• [PROMPT]
Give back the whole listing below exactly.

-- -- --

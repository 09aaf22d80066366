//! Tests of the constants of a pool.

ghost use Rattle.std.specs.Prelude.{◌≡◌, Option, Some, IsTrue, OnOk, IfErr, ◌&&◌, ◌||◌, [], ◌∷◌, true, false};
ghost use Rattle.std.specs.Option.{option_map_or};
ghost use Rattle.jl_pool.specs.Constants.{handle_tags};
ghost use Rattle.jl_pool.specs.declared.pool_fault.PoolFault.{PoolFault};
ghost use Rattle.jl_pool.specs.Faults.{AllAt};
ghost use Rattle.jl_pool.specs.Pools.{constant_at, text_at, begins_array, has_tag, is_linked, HasText, IsTyped};
ghost use Rattle.jl_pool.specs.ForProofs.Entries.{IsTextFault, IsNameFault, IsCheckFault};
ghost use Rattle.jl_pool.specs.ForProofs.Forms.{form_of, takes_slots, is_class_text, is_typed};

use crate::constant::Constant;
use crate::form::Form;
use crate::kept_constant::KeptConstant;
use crate::pool::Pool;
use crate::pool_fault::PoolFault;
use jl_names::is_text;

/// Whether what an entry names is of the right kinds.
#[derive(Clone, Copy)]
struct Names {
    /// Each number holds a constant of the right kind.
    linked: bool,
    /// Each text is a class name or a descriptor of the right kind.
    typed: bool,
}

impl Names {
    /// The tests of an entry that names no class name and no descriptor.
    fn of_link(linked: bool) -> Names
        ensures { result ≡ record { linked = linked; typed = true } }
    {
        Names {
            linked,
            typed: true,
        }
    }
}

impl Pool {
    /// Looks for the first Utf8 that is no modified UTF-8, then for the first constant that names a wrong one, and then for
    /// the first that names a descriptor of a wrong kind. The texts are gone over only if one of them is known to be bad,
    /// to find the first such one.
    pub(crate) fn check(&self, bad: bool) -> Result<(), PoolFault>
        requires { bad ≡ false → AllAt HasText self.now }
        ensures texts { OnOk result (AllAt HasText self.now) }
        ensures links { OnOk result (AllAt (λ c. IsTrue (is_linked self.now c)) self.now) }
        ensures types { OnOk result (AllAt (IsTyped self.now) self.now) }
        ensures fault { IfErr result (IsCheckFault self.now) }
    {
        match self.check_texts(bad) {
            Ok(()) => self.check_names(),
            fault => fault,
        }
    }

    /// Looks for the first constant that names a wrong one, and then for the first that names a descriptor of a wrong kind, by
    /// one pass over the entries.
    fn check_names(&self) -> Result<(), PoolFault>
        ensures links { OnOk result (AllAt (λ c. IsTrue (is_linked self.now c)) self.now) }
        ensures types { OnOk result (AllAt (IsTyped self.now) self.now) }
        ensures fault { IfErr result (IsNameFault self.now) }
    {
        let mut untyped = None;
        for number in 0..self.count() {
            let names = self.names(number);
            if !names.linked {
                return Err(PoolFault::BadIndex(number));
            }
            untyped = untyped.or((!names.typed).then_some(number));
        }
        match untyped {
            Some(number) => Err(PoolFault::BadDescriptor(number)),
            None => Ok(()),
        }
    }

    /// Looks for the first Utf8 that is no modified UTF-8, if there may be one.
    fn check_texts(&self, bad: bool) -> Result<(), PoolFault>
        requires { bad ≡ false → AllAt HasText self.now }
        ensures ok { OnOk result (AllAt HasText self.now) }
        ensures fault { IfErr result (IsTextFault self.now) }
    {
        if !bad {
            return Ok(());
        }
        for number in 0..self.count() {
            if let Some(Constant::Utf8(text)) = self.constant(number) {
                if !is_text(text.as_bytes()) {
                    return Err(PoolFault::BadUtf8(number));
                }
            }
        }
        Ok(())
    }

    /// The tests of what stands at a number.
    fn names(&self, number: u16) -> Names
        ensures linked { result.linked ≡ option_map_or (is_linked self.now) (constant_at self.now number) true }
        ensures typed { result.typed ≡ option_map_or (is_typed self.now) (constant_at self.now number) true }
    {
        match self.entry(number) {
            KeptConstant::Nothing
            | KeptConstant::Utf8(_, _, _)
            | KeptConstant::Integer(_)
            | KeptConstant::Float(_)
            | KeptConstant::Long(_)
            | KeptConstant::Double(_) => Names::of_link(true),
            KeptConstant::String(text) | KeptConstant::Module(text) | KeptConstant::Package(text) =>
                { Names::of_link(self.has_tag(1, text)) }
            KeptConstant::MethodHandle(kind, reference) => Names::of_link(self.refers(
                kind, reference,
            )),
            KeptConstant::Class(name) => Names {
                linked: self.has_tag(1, name),
                typed: self.is_class_text(name),
            },
            KeptConstant::MethodType(ty) => Names {
                linked: self.has_tag(1, ty),
                typed: is_method(self.form(ty)),
            },
            KeptConstant::NameAndType(name, ty) => Names {
                linked: self.has_tag(1, name) & self.has_tag(1, ty),
                typed: is_descriptor(self.form(ty)),
            },
            KeptConstant::Fieldref(owner, signed) => Names {
                linked: self.is_member(owner, signed),
                typed: is_field(self.descriptor_form(signed)),
            },
            KeptConstant::Methodref(owner, signed)
            | KeptConstant::InterfaceMethodref(owner, signed) => Names {
                linked: self.is_member(owner, signed),
                typed: is_method(self.descriptor_form(signed)),
            },
            KeptConstant::Dynamic(_, signed) => Names {
                linked: self.has_tag(12, signed),
                typed: is_field(self.descriptor_form(signed)),
            },
            KeptConstant::InvokeDynamic(_, signed) => Names {
                linked: self.has_tag(12, signed),
                typed: is_method(self.descriptor_form(signed)),
            },
        }
    }

    /// Whether a class, and a name and type stand at these numbers.
    fn is_member(&self, owner: u16, signed: u16) -> bool
        ensures { result ≡ (has_tag self.now (7 ∷ []) owner && has_tag self.now (12 ∷ []) signed) }
    {
        self.has_tag(7, owner) & self.has_tag(12, signed)
    }

    /// Whether a method handle of this kind may refer to what stands at the number.
    fn refers(&self, kind: u8, number: u16) -> bool
        ensures { result ≡ has_tag self.now (handle_tags kind) number }
    {
        match kind {
            1..=4 => self.has_tag(9, number),
            5 | 8 => self.has_tag(10, number),
            6 | 7 => self.has_tag(10, number) || self.has_tag(11, number),
            9 => self.has_tag(11, number),
            _ => false,
        }
    }

    /// Whether the text at a number is a class name or the descriptor of an array.
    #[tactic(auto, unfolding(crate::specs::ForProofs::Forms::form_of))]
    fn is_class_text(&self, number: u16) -> bool
        ensures { result ≡ option_map_or is_class_text (text_at self.now number) false }
    {
        match (self.utf8(number), self.form(number)) {
            (Some(text), Some(form)) => {
                form.class_name || (form.field && begins_array(text.as_slice()))
            }
            _ => false,
        }
    }
}

/// Whether the form is there, and of a field's descriptor.
fn is_field(form: Option<Form>) -> bool
    ensures { result ≡ option_map_or (λ f. f.field) form false }
{
    match form {
        Some(form) => form.field,
        None => false,
    }
}

/// Whether the form is there, and of a method's descriptor.
fn is_method(form: Option<Form>) -> bool
    ensures { result ≡ option_map_or takes_slots form false }
{
    match form {
        Some(form) => form.slots.is_some(),
        None => false,
    }
}

/// Whether the form is there, and of a descriptor.
fn is_descriptor(form: Option<Form>) -> bool
    ensures { result ≡ option_map_or (λ f. f.field || takes_slots f) form false }
{
    match form {
        Some(form) => form.field | form.slots.is_some(),
        None => false,
    }
}

/// Whether a descriptor is an array's.
fn begins_array(text: &[u8]) -> bool
    ensures { result ≡ begins_array text.now }
{
    match text {
        [first, ..] => *first == b'[',
        [] => false,
    }
}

-- -- --

• [OUTPUT OF THE EXERCISE]
repository 09aaf22d80066366
//! Tests of the constants of a pool.

ghost use Rattle.std.specs.Prelude.{◌≡◌, Option, Some, IsTrue, OnOk, IfErr, ◌&&◌, ◌||◌, [], ◌∷◌, true, false};
ghost use Rattle.std.specs.Option.{option_map_or};
ghost use Rattle.jl_pool.specs.Constants.{handle_tags};
ghost use Rattle.jl_pool.specs.declared.pool_fault.PoolFault.{PoolFault};
ghost use Rattle.jl_pool.specs.Faults.{AllAt};
ghost use Rattle.jl_pool.specs.Pools.{constant_at, text_at, begins_array, has_tag, is_linked, HasText, IsTyped};
ghost use Rattle.jl_pool.specs.ForProofs.Entries.{IsTextFault, IsNameFault, IsCheckFault};
ghost use Rattle.jl_pool.specs.ForProofs.Forms.{form_of, takes_slots, is_class_text, is_typed};

use crate::constant::Constant;
use crate::form::Form;
use crate::kept_constant::KeptConstant;
use crate::pool::Pool;
use crate::pool_fault::PoolFault;
use jl_names::is_text;

/// Whether what an entry names is of the right kinds.
#[derive(Clone, Copy)]
struct Names {
    /// Each number holds a constant of the right kind.
    linked: bool,
    /// Each text is a class name or a descriptor of the right kind.
    typed: bool,
}

impl Names {
    /// The tests of an entry that names no class name and no descriptor.
    fn of_link(linked: bool) -> Names
        ensures { result ≡ record { linked = linked; typed = true } }
    {
        Names {
            linked,
            typed: true,
        }
    }
}

impl Pool {
    /// Looks for the first Utf8 that is no modified UTF-8, then for the first constant that names a wrong one, and then for
    /// the first that names a descriptor of a wrong kind. The texts are gone over only if one of them is known to be bad,
    /// to find the first such one.
    pub(crate) fn check(&self, bad: bool) -> Result<(), PoolFault>
        requires { bad ≡ false → AllAt HasText self.now }
        ensures texts { OnOk result (AllAt HasText self.now) }
        ensures links { OnOk result (AllAt (λ c. IsTrue (is_linked self.now c)) self.now) }
        ensures types { OnOk result (AllAt (IsTyped self.now) self.now) }
        ensures fault { IfErr result (IsCheckFault self.now) }
    {
        match self.check_texts(bad) {
            Ok(()) => self.check_names(),
            fault => fault,
        }
    }

    /// Looks for the first constant that names a wrong one, and then for the first that names a descriptor of a wrong kind, by
    /// one pass over the entries.
    fn check_names(&self) -> Result<(), PoolFault>
        ensures links { OnOk result (AllAt (λ c. IsTrue (is_linked self.now c)) self.now) }
        ensures types { OnOk result (AllAt (IsTyped self.now) self.now) }
        ensures fault { IfErr result (IsNameFault self.now) }
    {
        let mut untyped = None;
        for number in 0..self.count() {
            let names = self.names(number);
            if !names.linked {
                return Err(PoolFault::BadIndex(number));
            }
            untyped = untyped.or((!names.typed).then_some(number));
        }
        match untyped {
            Some(number) => Err(PoolFault::BadDescriptor(number)),
            None => Ok(()),
        }
    }

    /// Looks for the first Utf8 that is no modified UTF-8, if there may be one.
    fn check_texts(&self, bad: bool) -> Result<(), PoolFault>
        requires { bad ≡ false → AllAt HasText self.now }
        ensures ok { OnOk result (AllAt HasText self.now) }
        ensures fault { IfErr result (IsTextFault self.now) }
    {
        if !bad {
            return Ok(());
        }
        for number in 0..self.count() {
            if let Some(Constant::Utf8(text)) = self.constant(number) {
                if !is_text(text.as_bytes()) {
                    return Err(PoolFault::BadUtf8(number));
                }
            }
        }
        Ok(())
    }

    /// The tests of what stands at a number.
    fn names(&self, number: u16) -> Names
        ensures linked { result.linked ≡ option_map_or (is_linked self.now) (constant_at self.now number) true }
        ensures typed { result.typed ≡ option_map_or (is_typed self.now) (constant_at self.now number) true }
    {
        match self.entry(number) {
            KeptConstant::Nothing
            | KeptConstant::Utf8(_, _, _)
            | KeptConstant::Integer(_)
            | KeptConstant::Float(_)
            | KeptConstant::Long(_)
            | KeptConstant::Double(_) => Names::of_link(true),
            KeptConstant::String(text) | KeptConstant::Module(text) | KeptConstant::Package(text) =>
                { Names::of_link(self.has_tag(1, text)) }
            KeptConstant::MethodHandle(kind, reference) => Names::of_link(self.refers(
                kind, reference,
            )),
            KeptConstant::Class(name) => Names {
                linked: self.has_tag(1, name),
                typed: self.is_class_text(name),
            },
            KeptConstant::MethodType(ty) => Names {
                linked: self.has_tag(1, ty),
                typed: is_method(self.form(ty)),
            },
            KeptConstant::NameAndType(name, ty) => Names {
                linked: self.has_tag(1, name) & self.has_tag(1, ty),
                typed: is_descriptor(self.form(ty)),
            },
            KeptConstant::Fieldref(owner, signed) => Names {
                linked: self.is_member(owner, signed),
                typed: is_field(self.descriptor_form(signed)),
            },
            KeptConstant::Methodref(owner, signed)
            | KeptConstant::InterfaceMethodref(owner, signed) => Names {
                linked: self.is_member(owner, signed),
                typed: is_method(self.descriptor_form(signed)),
            },
            KeptConstant::Dynamic(_, signed) => Names {
                linked: self.has_tag(12, signed),
                typed: is_field(self.descriptor_form(signed)),
            },
            KeptConstant::InvokeDynamic(_, signed) => Names {
                linked: self.has_tag(12, signed),
                typed: is_method(self.descriptor_form(signed)),
            },
        }
    }

    /// Whether a class, and a name and type stand at these numbers.
    fn is_member(&self, owner: u16, signed: u16) -> bool
        ensures { result ≡ (has_tag self.now (7 ∷ []) owner && has_tag self.now (12 ∷ []) signed) }
    {
        self.has_tag(7, owner) & self.has_tag(12, signed)
    }

    /// Whether a method handle of this kind may refer to what stands at the number.
    fn refers(&self, kind: u8, number: u16) -> bool
        ensures { result ≡ has_tag self.now (handle_tags kind) number }
    {
        match kind {
            1..=4 => self.has_tag(9, number),
            5 | 8 => self.has_tag(10, number),
            6 | 7 => self.has_tag(10, number) || self.has_tag(11, number),
            9 => self.has_tag(11, number),
            _ => false,
        }
    }

    /// Whether the text at a number is a class name or the descriptor of an array.
    #[tactic(auto, unfolding(crate::specs::ForProofs::Forms::form_of))]
    fn is_class_text(&self, number: u16) -> bool
        ensures { result ≡ option_map_or is_class_text (text_at self.now number) false }
    {
        match (self.utf8(number), self.form(number)) {
            (Some(text), Some(form)) => {
                form.class_name || (form.field && begins_array(text.as_slice()))
            }
            _ => false,
        }
    }
}

/// Whether the form is there, and of a field's descriptor.
fn is_field(form: Option<Form>) -> bool
    ensures { result ≡ option_map_or (λ f. f.field) form false }
{
    match form {
        Some(form) => form.field,
        None => false,
    }
}

/// Whether the form is there, and of a method's descriptor.
fn is_method(form: Option<Form>) -> bool
    ensures { result ≡ option_map_or takes_slots form false }
{
    match form {
        Some(form) => form.slots.is_some(),
        None => false,
    }
}

/// Whether the form is there, and of a descriptor.
fn is_descriptor(form: Option<Form>) -> bool
    ensures { result ≡ option_map_or (λ f. f.field || takes_slots f) form false }
{
    match form {
        Some(form) => form.field | form.slots.is_some(),
        None => false,
    }
}

/// Whether a descriptor is an array's.
fn begins_array(text: &[u8]) -> bool
    ensures { result ≡ begins_array text.now }
{
    match text {
        [first, ..] => *first == b'[',
        [] => false,
    }
}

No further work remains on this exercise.